MKC-3946 blocks?XBP1?mRNA splicing and exhibits cytotoxicity against AML cells. MKC-3946 inhibits XBP1S expression induced by tunicamycin (TM) in NB4 cells (B) and AML sample from patients[1]. MKC-3946 prevents the splicing of the XBP1 mRNA in response to ER stress caused by mutant proinsulin production[2]. MKC-3946 is an IRE1α endoribonuclease domain inhibitor that blocks XBP1 mRNA splicing and triggers modest growth inhibition in MM cells. MKC-3946 inhibits XBP1s expression induced by Tm in a dose-dependent manner, but does not affect phosphorylation of IRE1α. MKC-3946 blocks XBP1 splicing and enhances cytotoxicity induced by bortezomib or 17-AAG. MKC-3946 (10μM) enhances ER stress-mediated apoptosis induced by bortezomib or 17-AAG, and enhances cytotoxicity of ER stressors, even in the presence of BMSCs or exogenous IL-6[3].

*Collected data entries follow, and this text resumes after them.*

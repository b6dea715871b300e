// A whole frame: check, for every list of bytes of any length.
#![tactic(auto)]

ghost use Rattle.std.specs.Prelude.{◌≡◌, ◌≤◌, length, IfOk};
ghost use Rattle.records.specs.Answers.{outcome, answer_of};
ghost use Rattle.records.specs.Outcomes.{refusal_of};
ghost use Rattle.records.specs.Records.{records_tests, end_of};
ghost use Rattle.frame.specs.Check.{check_of};

use records::{Due, Head, Refusal, Refused, layout};

// The tests of k records, the first at `at`, each of what is due: the place behind the last of them. Points and rows go through one loop,
// so that each record is handed the colour before it, which a row alone is tested against. That `at` lies in the frame is asked as records'
// `shape` asks it.
fn records_test(due: Due, k: usize, s: &[u8], at: usize) -> Result<usize, Refused>
    requires { at ≤ length s.now }
    ensures refusal { refusal_of result ≡ outcome (records_tests due k s.now at 0) }
    ensures end { IfOk result (λ end. (end ≡ end_of k s.now at) × (end ≤ length s.now)) }
{
    // No iterator of records: that one is whole is known only once it is tested.
    let mut off = at;
    let mut colour = 0;
    for _ in 0..k {
        records::record_test(due, s, off, colour)?;
        let b = records::record_at(s, off);
        // Of a point these are bytes of its position: they are handed on, and no test of a point reads them.
        colour = little_endian::get_u16(b, layout::ROW_COLOUR);
        off += b.len();
    }
    Ok(off)
}

// Ok for a frame that is accepted, else the first refusal, with document 01's number and place.
#[tactic(auto, using(crate::proofs::Answered::check_is, crate::proofs::Answered::frame_outcome), unfolding(crate::specs::Check::extra))]
pub fn check(frame: &[u8]) -> Result<(), Refused>
    ensures { answer_of result ≡ check_of frame.now }
{
    records::record_test(Due::Head, frame, 0, 0)?;
    let head = Head { bytes: frame };
    let (n, r) = (head.points(), head.rows());
    let at = records_test(Due::Point, n, frame, layout::HEAD_END)?;
    let end = records_test(Due::Row, r, frame, at)?;
    records::refuse(end < frame.len(), Refusal::ExtraBytes, end)?;
    clash::clash_test(n, r, frame, at)
}
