// The rotation nearest to a matrix, from a warm start.
ghost use Rattle.std.specs.Prelude.{◌≡◌};
ghost use Rattle.shape.specs.Rotation as spec;

use vector::{Mat3, Quat, Vec3};

// A correction below this length ends the search.
const LEAST: f32 = 16.0 * f32::EPSILON;

// Columns crossed, and summed from zero, as the source does.
#[tactic(auto, unfolding(crate::specs::Rotation::cross_sum))]
fn cross_sum(r: Mat3, a: Mat3) -> Vec3
    ensures { result ≡ spec.cross_sum r a }
{
    Vec3::zero() + r.x.cross(a.x) + r.y.cross(a.y) + r.z.cross(a.z)
}

#[tactic(auto, unfolding(crate::specs::Rotation::dot_sum))]
fn dot_sum(r: Mat3, a: Mat3) -> f32
    ensures { result ≡ spec.dot_sum r a }
{
    0.0 + r.x.dot(a.x) + r.y.dot(a.y) + r.z.dot(a.z)
}

// The source's omega: an axis to turn q about, as long as the angle.
#[tactic(auto, unfolding(crate::specs::Rotation::correction))]
fn correction(a: Mat3, q: Quat) -> Vec3
    ensures { result ≡ spec.correction a q }
{
    let r = q.to_matrix();
    let denom = real::abs(dot_sum(r, a)) + 1.0e-9;
    cross_sum(r, a) * (1.0 / denom)
}

// The correction o, which is w long, as a quaternion; where it is small not of length 1. A type for o and w would be no plainer: they are
// taken apart at once.
#[tactic(auto, unfolding(crate::specs::Rotation::step))]
fn step(o: Vec3, w: f32) -> Quat
    ensures { result ≡ spec.step o w }
{
    if w > 0.1 {
        return Quat::from_axis_angle(o / w, w);
    }
    Quat {
        x: 0.5 * o.x,
        y: 0.5 * o.y,
        z: 0.5 * o.z,
        w: 1.0,
    }
}

// q after a turn by the correction o, which is w long.
#[tactic(auto, unfolding(crate::specs::Rotation::turned))]
fn turned(o: Vec3, w: f32, q: Quat) -> Quat
    ensures { result ≡ spec.turned o w q }
{
    (step(o, w) * q).normalise()
}

#[tactic(auto, using(loops::specs::Loops::stopping), unfolding(crate::specs::Rotation::extract_rotation))]
pub fn extract_rotation(a: Mat3, warm: Quat) -> Quat
    ensures { result ≡ spec.extract_rotation a warm }
{
    let mut q = warm;
    for _ in 0usize..8 {
        let o = correction(a, q);
        let w = o.length();
        if w < LEAST {
            break;
        }
        q = turned(o, w, q);
    }
    q
}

MKC-3946 (100 mg/kg, i.p.) inhibits XBP1 splicing in a model of ER stress in vivo, associated with significant growth inhibition of MM cells, alone or with bortezomib. MKC-3946 significantly reduces MM tumor growth in the treatment versus control group. Inhibition of XBP1 splicing by MKC-3946 is associated with decreased MM growth in vivo, alone or in combination with bortezomib[3].


参考文献:
[1]. Sun H, et al. Inhibition of IRE1α-driven pro-survival pathways is a promising therapeutic application in acute myeloid leukemia. Oncotarget. 2016 Apr 5;7(14):18736-49.
[2]. Zhang L, et al. IRE1 inhibition perturbs the unfolded protein response in a pancreatic β-cell line expressing mutant proinsulin, but does not sensitize the cells to apoptosis. BMC Cell Biol. 2014 Jul 10;15:29.
[3]. Mimura N, et al. Blockade of XBP1 splicing by inhibition of IRE1α is a promising therapeutic option in multiple myeloma. Blood. 2012 Jun 14;119(24):5772-81.